Stored data entries:
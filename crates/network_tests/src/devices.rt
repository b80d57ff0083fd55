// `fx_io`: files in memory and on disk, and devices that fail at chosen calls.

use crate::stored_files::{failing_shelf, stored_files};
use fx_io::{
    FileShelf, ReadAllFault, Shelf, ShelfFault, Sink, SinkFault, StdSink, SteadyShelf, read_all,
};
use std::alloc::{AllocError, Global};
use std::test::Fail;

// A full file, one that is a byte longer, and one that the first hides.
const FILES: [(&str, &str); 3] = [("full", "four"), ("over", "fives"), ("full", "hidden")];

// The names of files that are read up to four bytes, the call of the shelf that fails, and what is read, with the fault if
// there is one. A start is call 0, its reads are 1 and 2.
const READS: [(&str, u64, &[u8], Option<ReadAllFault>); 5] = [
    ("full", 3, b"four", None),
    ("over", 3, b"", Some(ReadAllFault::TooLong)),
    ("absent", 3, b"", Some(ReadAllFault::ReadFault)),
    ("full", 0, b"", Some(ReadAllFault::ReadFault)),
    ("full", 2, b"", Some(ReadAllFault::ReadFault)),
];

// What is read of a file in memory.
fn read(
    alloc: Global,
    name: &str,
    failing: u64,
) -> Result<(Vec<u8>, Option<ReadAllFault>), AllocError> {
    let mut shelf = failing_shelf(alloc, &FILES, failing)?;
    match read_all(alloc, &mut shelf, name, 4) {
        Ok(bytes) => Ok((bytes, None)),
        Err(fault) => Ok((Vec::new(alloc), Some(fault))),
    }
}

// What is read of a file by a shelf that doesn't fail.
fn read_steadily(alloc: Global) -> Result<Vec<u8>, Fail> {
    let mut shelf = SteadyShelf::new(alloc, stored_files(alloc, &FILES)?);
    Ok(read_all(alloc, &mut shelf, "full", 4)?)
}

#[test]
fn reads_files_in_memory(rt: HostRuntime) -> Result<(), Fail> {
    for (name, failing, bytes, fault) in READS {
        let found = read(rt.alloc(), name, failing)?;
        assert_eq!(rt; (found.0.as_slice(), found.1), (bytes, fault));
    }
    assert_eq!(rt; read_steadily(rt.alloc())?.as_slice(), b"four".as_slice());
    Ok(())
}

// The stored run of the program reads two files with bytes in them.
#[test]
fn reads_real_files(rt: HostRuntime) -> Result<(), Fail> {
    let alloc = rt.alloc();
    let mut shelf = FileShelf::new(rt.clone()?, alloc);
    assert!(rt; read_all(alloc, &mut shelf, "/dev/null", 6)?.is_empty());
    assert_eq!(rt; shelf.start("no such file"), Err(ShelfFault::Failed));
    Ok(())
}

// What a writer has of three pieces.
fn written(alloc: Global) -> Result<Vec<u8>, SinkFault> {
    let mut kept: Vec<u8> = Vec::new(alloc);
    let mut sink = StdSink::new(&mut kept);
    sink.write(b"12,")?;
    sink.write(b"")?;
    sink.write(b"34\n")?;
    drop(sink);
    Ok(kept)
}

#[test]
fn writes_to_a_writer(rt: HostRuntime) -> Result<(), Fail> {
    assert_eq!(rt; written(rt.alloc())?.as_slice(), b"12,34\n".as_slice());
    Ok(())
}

--

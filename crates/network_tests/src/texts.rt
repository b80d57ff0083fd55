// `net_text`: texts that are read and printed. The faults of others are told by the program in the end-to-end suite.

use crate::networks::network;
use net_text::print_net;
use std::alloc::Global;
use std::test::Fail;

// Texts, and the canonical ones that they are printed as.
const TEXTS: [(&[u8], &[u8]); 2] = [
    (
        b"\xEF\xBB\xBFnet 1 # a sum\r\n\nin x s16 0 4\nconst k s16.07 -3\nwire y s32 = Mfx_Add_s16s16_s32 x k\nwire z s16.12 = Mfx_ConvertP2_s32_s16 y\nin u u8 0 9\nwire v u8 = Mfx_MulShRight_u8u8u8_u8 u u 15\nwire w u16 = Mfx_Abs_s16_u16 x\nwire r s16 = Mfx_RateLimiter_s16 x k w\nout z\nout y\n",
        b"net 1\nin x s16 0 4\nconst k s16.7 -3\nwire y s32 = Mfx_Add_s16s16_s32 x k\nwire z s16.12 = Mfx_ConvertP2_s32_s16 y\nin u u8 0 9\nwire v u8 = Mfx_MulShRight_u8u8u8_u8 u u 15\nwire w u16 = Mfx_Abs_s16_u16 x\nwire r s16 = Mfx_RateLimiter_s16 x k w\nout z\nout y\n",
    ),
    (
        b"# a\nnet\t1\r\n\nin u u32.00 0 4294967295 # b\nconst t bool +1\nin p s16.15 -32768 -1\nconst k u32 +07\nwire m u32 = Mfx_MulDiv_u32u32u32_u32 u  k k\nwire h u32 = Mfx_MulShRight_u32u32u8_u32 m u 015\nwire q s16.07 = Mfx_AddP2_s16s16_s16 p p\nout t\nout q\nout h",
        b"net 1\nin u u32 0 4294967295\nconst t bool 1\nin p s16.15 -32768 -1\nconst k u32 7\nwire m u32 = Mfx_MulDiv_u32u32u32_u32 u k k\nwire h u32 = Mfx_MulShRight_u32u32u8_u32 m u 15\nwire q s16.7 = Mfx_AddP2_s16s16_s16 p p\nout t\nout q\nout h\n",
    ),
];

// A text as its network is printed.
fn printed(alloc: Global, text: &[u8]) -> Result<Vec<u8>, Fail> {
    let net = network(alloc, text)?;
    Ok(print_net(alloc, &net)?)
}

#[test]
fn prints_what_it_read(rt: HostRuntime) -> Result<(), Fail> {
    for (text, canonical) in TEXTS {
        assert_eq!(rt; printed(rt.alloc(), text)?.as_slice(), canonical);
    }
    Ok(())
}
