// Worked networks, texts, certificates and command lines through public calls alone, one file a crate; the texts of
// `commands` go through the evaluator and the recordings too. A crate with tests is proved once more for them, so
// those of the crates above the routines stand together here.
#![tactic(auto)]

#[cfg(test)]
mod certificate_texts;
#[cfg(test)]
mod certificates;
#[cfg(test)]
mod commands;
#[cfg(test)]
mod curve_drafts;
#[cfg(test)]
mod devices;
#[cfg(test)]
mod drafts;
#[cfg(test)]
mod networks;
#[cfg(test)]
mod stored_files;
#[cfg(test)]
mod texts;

...

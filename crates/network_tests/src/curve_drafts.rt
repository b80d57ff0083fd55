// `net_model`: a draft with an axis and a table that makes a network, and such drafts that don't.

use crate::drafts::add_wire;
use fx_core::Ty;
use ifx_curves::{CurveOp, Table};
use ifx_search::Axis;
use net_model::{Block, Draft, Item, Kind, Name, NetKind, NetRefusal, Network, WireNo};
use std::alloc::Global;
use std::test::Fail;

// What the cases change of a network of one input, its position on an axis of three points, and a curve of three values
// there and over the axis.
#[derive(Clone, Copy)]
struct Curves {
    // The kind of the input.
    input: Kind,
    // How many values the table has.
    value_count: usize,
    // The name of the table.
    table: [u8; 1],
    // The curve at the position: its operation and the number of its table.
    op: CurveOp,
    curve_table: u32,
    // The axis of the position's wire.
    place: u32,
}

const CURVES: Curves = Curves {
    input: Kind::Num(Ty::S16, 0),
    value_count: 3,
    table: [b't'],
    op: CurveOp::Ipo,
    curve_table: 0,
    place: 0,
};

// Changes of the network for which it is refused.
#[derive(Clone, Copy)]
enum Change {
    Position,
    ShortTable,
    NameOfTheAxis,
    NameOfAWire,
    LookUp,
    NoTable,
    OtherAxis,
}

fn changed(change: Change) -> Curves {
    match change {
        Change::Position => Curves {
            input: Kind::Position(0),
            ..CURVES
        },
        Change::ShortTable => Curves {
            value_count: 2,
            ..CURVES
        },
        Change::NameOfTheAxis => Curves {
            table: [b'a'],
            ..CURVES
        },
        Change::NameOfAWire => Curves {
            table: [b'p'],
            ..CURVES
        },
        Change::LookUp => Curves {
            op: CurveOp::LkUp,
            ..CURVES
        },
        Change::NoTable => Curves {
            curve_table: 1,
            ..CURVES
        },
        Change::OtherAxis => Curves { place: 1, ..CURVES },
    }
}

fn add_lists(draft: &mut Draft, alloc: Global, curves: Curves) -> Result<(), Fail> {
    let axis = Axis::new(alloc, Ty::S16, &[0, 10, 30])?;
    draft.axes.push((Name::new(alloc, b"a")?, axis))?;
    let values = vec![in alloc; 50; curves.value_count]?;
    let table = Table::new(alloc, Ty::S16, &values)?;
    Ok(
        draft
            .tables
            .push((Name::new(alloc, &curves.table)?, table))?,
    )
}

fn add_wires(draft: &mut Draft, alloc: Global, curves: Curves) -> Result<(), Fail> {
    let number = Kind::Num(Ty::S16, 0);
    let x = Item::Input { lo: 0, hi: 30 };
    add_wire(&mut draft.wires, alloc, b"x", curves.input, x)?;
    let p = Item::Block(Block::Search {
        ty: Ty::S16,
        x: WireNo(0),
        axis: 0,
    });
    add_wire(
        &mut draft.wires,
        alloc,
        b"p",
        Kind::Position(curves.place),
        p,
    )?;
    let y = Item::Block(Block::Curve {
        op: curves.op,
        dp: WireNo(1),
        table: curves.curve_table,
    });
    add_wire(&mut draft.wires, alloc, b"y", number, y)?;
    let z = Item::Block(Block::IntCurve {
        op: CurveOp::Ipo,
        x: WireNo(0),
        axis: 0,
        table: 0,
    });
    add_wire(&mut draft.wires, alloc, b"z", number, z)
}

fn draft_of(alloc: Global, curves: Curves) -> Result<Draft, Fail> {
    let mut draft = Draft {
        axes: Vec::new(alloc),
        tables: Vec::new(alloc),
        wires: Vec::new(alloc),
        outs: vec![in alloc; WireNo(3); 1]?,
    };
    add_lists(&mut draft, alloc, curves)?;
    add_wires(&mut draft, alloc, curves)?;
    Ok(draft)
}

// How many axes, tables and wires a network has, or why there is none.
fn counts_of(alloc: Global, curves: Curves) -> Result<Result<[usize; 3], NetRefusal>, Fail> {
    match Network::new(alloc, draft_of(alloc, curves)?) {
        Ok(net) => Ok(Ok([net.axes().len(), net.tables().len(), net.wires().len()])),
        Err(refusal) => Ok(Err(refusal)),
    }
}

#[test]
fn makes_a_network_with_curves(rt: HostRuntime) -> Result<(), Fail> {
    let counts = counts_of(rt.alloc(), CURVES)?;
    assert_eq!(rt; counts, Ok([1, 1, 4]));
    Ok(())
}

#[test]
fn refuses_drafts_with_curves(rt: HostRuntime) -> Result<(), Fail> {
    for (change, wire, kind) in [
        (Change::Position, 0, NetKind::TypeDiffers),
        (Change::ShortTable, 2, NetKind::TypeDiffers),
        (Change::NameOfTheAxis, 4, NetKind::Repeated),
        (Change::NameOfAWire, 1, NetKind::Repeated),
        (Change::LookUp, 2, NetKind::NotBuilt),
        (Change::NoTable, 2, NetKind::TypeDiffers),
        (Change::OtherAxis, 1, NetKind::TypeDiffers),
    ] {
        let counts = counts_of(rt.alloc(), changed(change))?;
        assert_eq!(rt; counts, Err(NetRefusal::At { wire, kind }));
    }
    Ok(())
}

▶ What to work on
Your task for the entries above: copy exactly the span starting with the line with "fn read_steadily(alloc: Global)" and going on through the line with "fn reads_real_files(rt: HostRuntime)", both lines included, and nothing else.

▶ Your solution
fn read_steadily(alloc: Global) -> Result<Vec<u8>, Fail> {
    let mut shelf = SteadyShelf::new(alloc, stored_files(alloc, &FILES)?);
    Ok(read_all(alloc, &mut shelf, "full", 4)?)
}

#[test]
fn reads_files_in_memory(rt: HostRuntime) -> Result<(), Fail> {
    for (name, failing, bytes, fault) in READS {
        let found = read(rt.alloc(), name, failing)?;
        assert_eq!(rt; (found.0.as_slice(), found.1), (bytes, fault));
    }
    assert_eq!(rt; read_steadily(rt.alloc())?.as_slice(), b"four".as_slice());
    Ok(())
}

// The stored run of the program reads two files with bytes in them.
#[test]
fn reads_real_files(rt: HostRuntime) -> Result<(), Fail> {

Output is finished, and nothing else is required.